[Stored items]
§ §

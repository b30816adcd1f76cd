//! The first place that breaks the discipline.
ghost use Rattle.std.specs.Prelude.{◌≡◌, ◌≤◌, ◌<◌, Some, None, suc, ℕ, map, length, slice_get, IfOk};
ghost use Rattle.std.specs.Option.{option_map};
ghost use Rattle.flat_code.specs.Code.{FFunction};
ghost use Rattle.flat_code.specs.CodeViews.{function_of, code_of};
ghost use Rattle.flat_discipline.specs.Discipline.{setting, FirstBad, FirstBreak};
ghost use Rattle.flat_discipline.specs.Laws.{BreaksByTable};
ghost use Rattle.flat_verify.specs.ItemViews.{as_bodies, bodies_of};
ghost use Rattle.flat_verify.specs.Places.{place_of};
ghost use Rattle.flat_verify.specs.Sheets.{known, Stands, AreSheets};
ghost use Rattle.flat_verify.specs.SheetViews.{sheet_of};
ghost use Rattle.flat_verify.specs.Verdict.{function_demands, first_unmet};
ghost use Rattle.flat_verify.specs.Views.{block_of, AreSmall};

use crate::facts::GlobalBlock;
use crate::items::FlatItem;
use crate::program::{function_demands, sheets_of};
use crate::rules::marks_of;
use crate::setting::Setting;
use crate::sheets::{NoMemory, Sheet};
use crate::verdict::first_unmet;
use flat_code::code::Flat;
use std::alloc::Global;

/// A step of a program: the number of its function, and its place there.
#[derive(Clone, Copy, Debug)]
pub(crate) struct StepIndex {
    pub(crate) function: u32,
    pub(crate) place: u32,
}

// The first place of function `f` with a demand that is not met by the marks.
fn first_in(
    alloc: Global,
    g: u8,
    globals: &[GlobalBlock],
    code: &Flat,
    bodies: &[Vec<FlatItem>],
    sheets: &[Sheet],
    marks: &[bool],
    f: usize,
) -> Result<Option<u32>, NoMemory>
    requires least { 1 ≤ g }
    requires most { g ≤ 24 }
    requires function { f < length code.now.functions }
    requires sheet { f < length sheets.now }
    requires bodies { as_bodies bodies.now ≡ bodies_of g (map function_of code.now.functions) }
    ensures number { IfOk result (λ o. f < 4294967296) }
    ensures first { IfOk result (λ o. (fn : FFunction) → slice_get (map function_of code.now.functions) f ≡ Some fn
        → o ≡ first_unmet (known (map sheet_of sheets.now) marks.now f) None
        (function_demands g (setting g (map block_of globals.now) (map function_of code.now.functions) f) code.now.main f fn)) }
{
    if f > 0xFFFF_FFFF {
        return Err(NoMemory);
    }
    let functions = code.functions.as_slice();
    let setting = Setting {
        exponent: g,
        globals,
        functions,
        function: &functions[f],
    };
    let demands = function_demands(alloc, &setting, &bodies[f], code.main, f as u32)?;
    let first = first_unmet(sheets, marks, f, &demands)?;
    Ok(first)
}

// The first place of the program with a demand that is not met by the marks.
fn first_by_marks(
    alloc: Global,
    g: u8,
    globals: &[GlobalBlock],
    code: &Flat,
    bodies: &[Vec<FlatItem>],
    sheets: &[Sheet],
    marks: &[bool],
) -> Result<Option<StepIndex>, NoMemory>
    requires least { 1 ≤ g }
    requires most { g ≤ 24 }
    requires sheets { length sheets.now ≡ length code.now.functions }
    requires bodies { as_bodies bodies.now ≡ bodies_of g (map function_of code.now.functions) }
    ensures { IfOk result (λ o. FirstBad (BreaksByTable g (map block_of globals.now) (code_of code.now) (known (map sheet_of sheets.now) marks.now))
        (option_map place_of o)) }
{
    let count = code.functions.len();
    for f in 0..count {
        if let Some(place) = first_in(alloc, g, globals, code, bodies, sheets, marks, f)? {
            return Ok(Some(StepIndex {
                function: f as u32,
                place,
            }));
        }
    }
    let main = code.main as usize;
    if main >= count {
        return Ok(Some(StepIndex {
            function: code.main,
            place: 0,
        }));
    }
    Ok(None)
}

// The same with marks that are made here.
fn first_of_sheets(
    alloc: Global,
    g: u8,
    globals: &[GlobalBlock],
    code: &Flat,
    bodies: &[Vec<FlatItem>],
    sheets: &[Sheet],
    total: usize,
) -> Result<Option<StepIndex>, NoMemory>
    requires least { 1 ≤ g }
    requires most { g ≤ 24 }
    requires bodies { as_bodies bodies.now ≡ bodies_of g (map function_of code.now.functions) }
    requires are { AreSheets g (map block_of globals.now) (map function_of code.now.functions) 0 (map function_of code.now.functions)
        (map sheet_of sheets.now) }
    requires stands { Stands (suc (length (map sheet_of sheets.now))) (map sheet_of sheets.now) total }
    ensures { IfOk result (λ o. FirstBreak g (map block_of globals.now) (code_of code.now) (option_map place_of o)) }
{
    let marks = marks_of(alloc, sheets, total)?;
    let first = first_by_marks(alloc, g, globals, code, bodies, sheets, &marks)?;
    Ok(first)
}

/// The first place that breaks the discipline, if one does.
pub(crate) fn first_break(
    alloc: Global,
    g: u8,
    globals: &[GlobalBlock],
    code: &Flat,
    bodies: &[Vec<FlatItem>],
) -> Result<Option<StepIndex>, NoMemory>
    requires least { 1 ≤ g }
    requires most { g ≤ 24 }
    requires small { AreSmall globals.now }
    requires bodies { as_bodies bodies.now ≡ bodies_of g (map function_of code.now.functions) }
    ensures { IfOk result (λ o. FirstBreak g (map block_of globals.now) (code_of code.now) (option_map place_of o)) }
{
    let sheets = sheets_of(alloc, g, globals, code.functions.as_slice(), bodies)?;
    let first = first_of_sheets(alloc, g, globals, code, bodies, &sheets.each, sheets.total)?;
    Ok(first)
}
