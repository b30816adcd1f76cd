//! What holds of the tables that are computed from marks.
ghost use Rattle.flat_verify.specs.Marked.{MarkedSheetsAreExact, FirstUnmetIsFirst};

/// Marks that are exactly what the rules of a program's sheets reach are an exact table.
pub fn marked_sheets_are_exact()
    ensures { MarkedSheetsAreExact }
{}

/// The first demand of a function that a table does not meet is the function's first break by the table.
pub fn first_unmet_is_first()
    ensures { FirstUnmetIsFirst }
{}
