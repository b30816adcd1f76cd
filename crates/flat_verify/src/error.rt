//! Why code is not verified.
ghost use Rattle.std.specs.Prelude.{◌≡◌};
ghost use Rattle.flat_verify.specs.declared.error.VerifyError.TheVariants.{Memory};

use crate::sheets::NoMemory;
use thiserror::Error;

/// The first break of the discipline, or that memory is wanting.
#[derive(Debug, Drop, Error)]
pub enum VerifyError {
    /// The step at a place of a function breaks the discipline. No step before it in the function does, nor does any in the
    /// functions before.
    #[error("function {function} breaks the discipline at its place {place}")]
    Unchecked { function: u32, place: u32 },
    /// There is not memory enough to tell, or a place or a number of the table does not fit a word of the machine.
    #[error("out of memory")]
    Memory,
}

impl From<NoMemory> for VerifyError {
    ghost from_gives = { λ _ e. e ≡ Memory };

    fn from(_e: NoMemory) -> VerifyError {
        VerifyError::Memory
    }
}
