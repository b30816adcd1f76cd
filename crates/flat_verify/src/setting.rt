//! A function, and what stands around it.
ghost use Rattle.std.specs.Prelude.{◌≤◌};

use crate::facts::GlobalBlock;
use flat_code::code::FlatFunction;

/// A function among the functions and the global objects of its program.
#[derive(Clone, Copy)]
pub struct Setting<'a> {
    /// The exponent of a slot.
    pub exponent: u8,
    pub globals: &'a [GlobalBlock],
    pub functions: &'a [FlatFunction],
    pub function: &'a FlatFunction,
    ghost least: { 1 ≤ exponent },
    ghost most: { exponent ≤ 24 },
}
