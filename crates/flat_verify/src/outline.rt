//! What is computed of a function before its facts: its links, the places that have facts, and the ranges that are asked.
ghost use Rattle.std.specs.Prelude.{◌≡◌, ◌≤◌, ◌<◌, true, ℕ, map, IfOk, OnOk};
ghost use Rattle.std.specs.Option.{option_map};
ghost use Rattle.flat_verify.specs.Links.{OfEach};
ghost use Rattle.flat_verify.specs.Outline as outline;
ghost use Rattle.flat_verify.specs.Outline.{HasRange};
ghost use Rattle.flat_verify.specs.Sheets.{range_number, is_some, InPlaces};
ghost use Rattle.flat_verify.specs.SheetViews.{range_of};
ghost use Rattle.flat_verify.specs.Views.{link_of, effect_of, source_of, fact_of};

use crate::facts::{Effect, Fact, Link, Source};
use crate::sheets::{NoMemory, Range, range_number};
use std::alloc::Global;

// One more than the greatest place so far, and than the place to which the link leads.
fn place_past(places: usize, link: &Link) -> usize
    ensures more { places ≤ result }
    ensures placed { InPlaces result (link_of link.now) }
{
    match link {
        Link::Goes {
            effect: _,
            from: _,
            to,
        } => {
            let past = *to as usize + 1;
            if places < past { past } else { places }
        }
        _ => places,
    }
}

/// So many places that each link leads to one of them.
pub(crate) fn places_in(links: &[Link]) -> usize
    ensures some { 0 < result }
    ensures placed { OfEach (InPlaces result) (map link_of links.now) }
{
    let mut places = 1;
    for link in links {
        places = place_past(places, link);
    }
    places
}

fn range_in_fact(fact: Fact) -> Option<Range>
    ensures { option_map range_of result ≡ outline.range_in_fact (fact_of fact) }
{
    match fact {
        Fact::Spanned(pointer, count) => Some(Range { pointer, count }),
        _ => None,
    }
}

fn range_in_source(source: Source) -> Option<Range>
    ensures { option_map range_of result ≡ outline.range_in_source (source_of source) }
{
    match source {
        Source::From(fact) => range_in_fact(fact),
        _ => None,
    }
}

fn range_in_effect(effect: Effect) -> Option<Range>
    ensures { option_map range_of result ≡ outline.range_in_effect (effect_of effect) }
{
    match effect {
        Effect::Sets {
            to: _,
            clean,
            ends: _,
        } => range_in_source(clean),
        _ => None,
    }
}

// The range whose span a link asks for.
fn range_in(link: &Link) -> Option<Range>
    ensures { option_map range_of result ≡ outline.range_in (link_of link.now) }
{
    match link {
        Link::Goes {
            effect,
            from: _,
            to: _,
        } => range_in_effect(*effect),
        _ => None,
    }
}

// The range stands among the ranges, and those that stood there do.
fn push_range(ranges: &mut Vec<Range>, range: Range) -> Result<(), NoMemory>
    ensures there { OnOk result (is_some (range_number (map range_of ranges.new.items) range.pointer range.count) ≡ true) }
    ensures kept { OnOk result ((a n : ℕ) → is_some (range_number (map range_of ranges.old.items) a n) ≡ true
        → is_some (range_number (map range_of ranges.new.items) a n) ≡ true) }
{
    match range_number(ranges, range.pointer, range.count) {
        Some(_) => Ok(()),
        None => {
            ranges.push(range)?;
            Ok(())
        }
    }
}

// The range that a link asks for, if it does, stands among the ranges.
fn push_range_in(ranges: &mut Vec<Range>, link: &Link) -> Result<(), NoMemory>
    ensures there { OnOk result (HasRange (map range_of ranges.new.items) (link_of link.now)) }
    ensures kept { OnOk result ((a n : ℕ) → is_some (range_number (map range_of ranges.old.items) a n) ≡ true
        → is_some (range_number (map range_of ranges.new.items) a n) ≡ true) }
{
    match range_in(link) {
        Some(range) => push_range(ranges, range),
        None => Ok(()),
    }
}

/// The ranges that the links ask for.
pub(crate) fn ranges_in(alloc: Global, links: &[Link]) -> Result<Vec<Range>, NoMemory>
    ensures { IfOk result (λ v. OfEach (HasRange (map range_of v.items)) (map link_of links.now)) }
{
    let mut ranges = Vec::new(alloc);
    for link in links {
        push_range_in(&mut ranges, link)?;
    }
    Ok(ranges)
}
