//! The checker of the discipline of flat code.
//!
//! `verify::verify` answers exactly where nothing breaks the discipline, else with the first place that does. It reads the steps
//! of each function as items (`items`), lists the links between what is known at them (`edges`) and the demands on it
//! (`wanted`), marks what is lost (`rules`, `reach`), and looks for the first demand that is not met (`verdict`, `unchecked`).
//! What passes is `Verified`, which keeps the items.
#![tactic(auto)]

mod clean;
mod demands;
mod edges;
mod effects;
pub mod error;
pub mod facts;
pub mod global_blocks;
pub mod hints;
pub mod items;
pub mod marked;
mod outline;
mod program;
pub mod reach;
pub mod rules;
pub mod setting;
pub mod sheets;
mod steps;
mod unchecked;
pub mod verdict;
pub mod verified;
pub mod verify;
mod wanted;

§ §

Task statement
Find every line in the records above that holds the word "edges", and copy each one.

Exercise output
//! of each function as items (`items`), lists the links between what is known at them (`edges`) and the demands on it
mod edges;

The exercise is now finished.